Original article was published by Gunnar De Winter on Artificial Intelligence on Medium
Can Animals Help Us Build Better AI?
Machine learning/AI can do apparently impressive things, but navigating the everyday world is not one of them. Perhaps animal minds can lead the way.
AI or nAI?
Machine learning has been making plenty of headlines in the past few years. Rightfully so, even though headlines tend to oversell. Advances in computing power, algorithmic complexity, data handling capacities, and models of learning mean that machine learning/AI is increasingly being used in many fields.
In previous posts, I have written about machine learning/AI in general science and art, but also more specifically in (warning, link fest) historical research, genetic enhancement, mental health, aging research (including the development of ‘aging clocks’), video game ecology, Hollywood, astrobiology, epidemiology, stock markets, and the job market.

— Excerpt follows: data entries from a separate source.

//! Tables of ticks that were worked out by hand.

ghost use Rattle.std.specs.Prelude.{◌≤◌, ◌≤ℤ◌, pos};

use df_memory::NoMemory;
use df_pairs::{Pair, Signal};
use std::alloc::Global;
use std::test::Fail;

/// A tick, of the first symbol or not, and the side and the prices of its signal; 0 without one.
type Row = (bool, i64, (i64, i64, i64));

const NO: (i64, i64, i64) = (0, 0, 0);

/// A window of two spreads, and a threshold of 50.
const SMALL_FLOOR: [Row; 6] = [
    (true, 1000, NO),
    (false, 1000, NO),
    (true, 1010, NO),
    (true, 1100, (1, 1100, 1000)),
    (false, 1010, NO),
    (true, 900, (-1, 900, 1010)),
];

/// A window of one spread, and a threshold of 10, which a signal must pass.
const ONE_SPREAD: [Row; 9] = [
    (false, 100, NO),
    (false, 90, NO),
    (true, 90, NO),
    (true, 100, NO),
    (true, 111, (1, 111, 90)),
    (true, 122, NO),
    (true, 112, NO),
    (true, 101, (-1, 101, 90)),
    (false, 79, (1, 101, 79)),
];

/// A window of one spread, no threshold, and the prices that lie furthest apart.
const EXTREMES: [Row; 5] = [
    (true, i64::MAX, NO),
    (false, i64::MIN, NO),
    (true, i64::MIN, (-1, i64::MIN, i64::MIN)),
    (false, i64::MAX, NO),
    (true, i64::MAX, (1, i64::MAX, i64::MAX)),
];

fn told(signal: Option<Signal>) -> (i64, i64, i64) {
    match signal {
        Some(signal) => (signal.side, signal.first, signal.second),
        None => NO,
    }
}

/// In how many rows a new pair signals otherwise.
fn misses(alloc: Global, window: u32, threshold: i64, rows: &[Row]) -> Result<u64, NoMemory>
    requires window { 1 ≤ window }
    requires threshold { pos 0 ≤ℤ threshold }
{
    let mut pair = Pair::new(alloc, window, threshold)?;
    let mut count = 0u64;
    for (first, price, wanted) in rows {
        if told(pair.tick(*first, *price)) != *wanted {
            count = count.saturating_add(1);
        }
    }
    Ok(count)
}

#[test]
fn signals_come_as_the_tables_say(rt: HostRuntime) -> Result<(), Fail> {
    assert_eq!(rt; misses(rt.alloc(), 2, 50, SMALL_FLOOR.as_slice())?, 0);
    assert_eq!(rt; misses(rt.alloc(), 1, 10, ONE_SPREAD.as_slice())?, 0);
    assert_eq!(rt; misses(rt.alloc(), 1, 0, EXTREMES.as_slice())?, 0);
    Ok(())
}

Plenty of AI to go around, it seems.
And yet, all of these examples are very narrow in their implementation, hence this is known as narrow or weak AI. (I prefer the ‘narrow’. There’s nothing weak about the massive data analyses and pattern recognition some of these systems can do.)
These narrow AI’s are vastly superior to our minds. In very specific contexts and conditions. Take them our of their comfort zone and they fumble like a bull in a porcelain shop. A blindfolded bull. Being chased by drunk matadors.
These AI’s are, in other words, strongly bounded. Even the system responsible for the majority of AI headlines, Deepmind’s AlphaGo (and its successors), is limited in its purview. It excels at learning to play games. Turn-based games with a predefined set of rules. I doubt, though, whether it can tie its own shoelaces.
Of course, none of the above takes anything away from the great work that has been done on machine learning in the last decade or so.
Still, general AI, which — by defintion — is able to outperform human minds in several unrelated contexts, remains a dream. To return to the shoelaces, AI today lacks ‘common sense’, the ability to navigate the real world in all its complexity. Because I like metaphors: current AI is very good at exploring the data oceans, but it doesn’t know how to sail a real boat.
Animals, the other ‘other’ minds
A new paper (open access, so be sure to check it out) suggests that looking at animal cognition research might be a path to remedy AI’s lack of common sense.
Most efforts of endowing AI with common sense so far have focused on language. The Winograd schemas are the most well-know example of this. In these tests, an ambiguous sentence is provided and then the potential AI has to answer a question. The correct answer depends on understanding how the world works. For example:
Sentence: The falling rock smashed the bottle because it was [heavy/fragile].
Question: What is ‘it’?
Answer: Depends on whether the questioner chooses heavy or fragile, aka context matters.
However, many animals have an excellent sense of how their environment works. They know things fall, and they know heavy things falling are likely more dangerous than light things — a feather isn’t a coconut. And they don’t need human language to infer this. Could the focus on language be too anthropocentric, too human-biased?
For the authors of the paper, the answer is a definite ‘yes’. What’s more, they argue that thanks to the advances in deep reinforcement learning and 3D simulated environments, the time has come to leverage work in animal cognition research for ‘training’ AI. (One great example of this is the Animal-AI olympics effort.)
By dropping an AI agent into a simulated 3D environment it can learn — in a virtual hands-on way. Furthermore, looking at animal cognition research can provide us with ways to instill a fundamental understanding of key concepts, such as:
- Object permanence and affordances. (The rock does not disappear when a curtain conceals it. Hey, I can use the rock to break open a stubborn shelled nut.)
- Containers and enclosure. (I can put something in this for safekeeping. Huh, now I am the thing kept inside, can I get out?)
How to build general AI is still a mystery:
But we advocate an approach wherein RL [reinforcement learning] agents, perhaps with as-yet undeveloped architectures, acquire what is needed through extended interaction with rich virtual environments.
Maybe the answer is AI learning to tie its own shoelaces.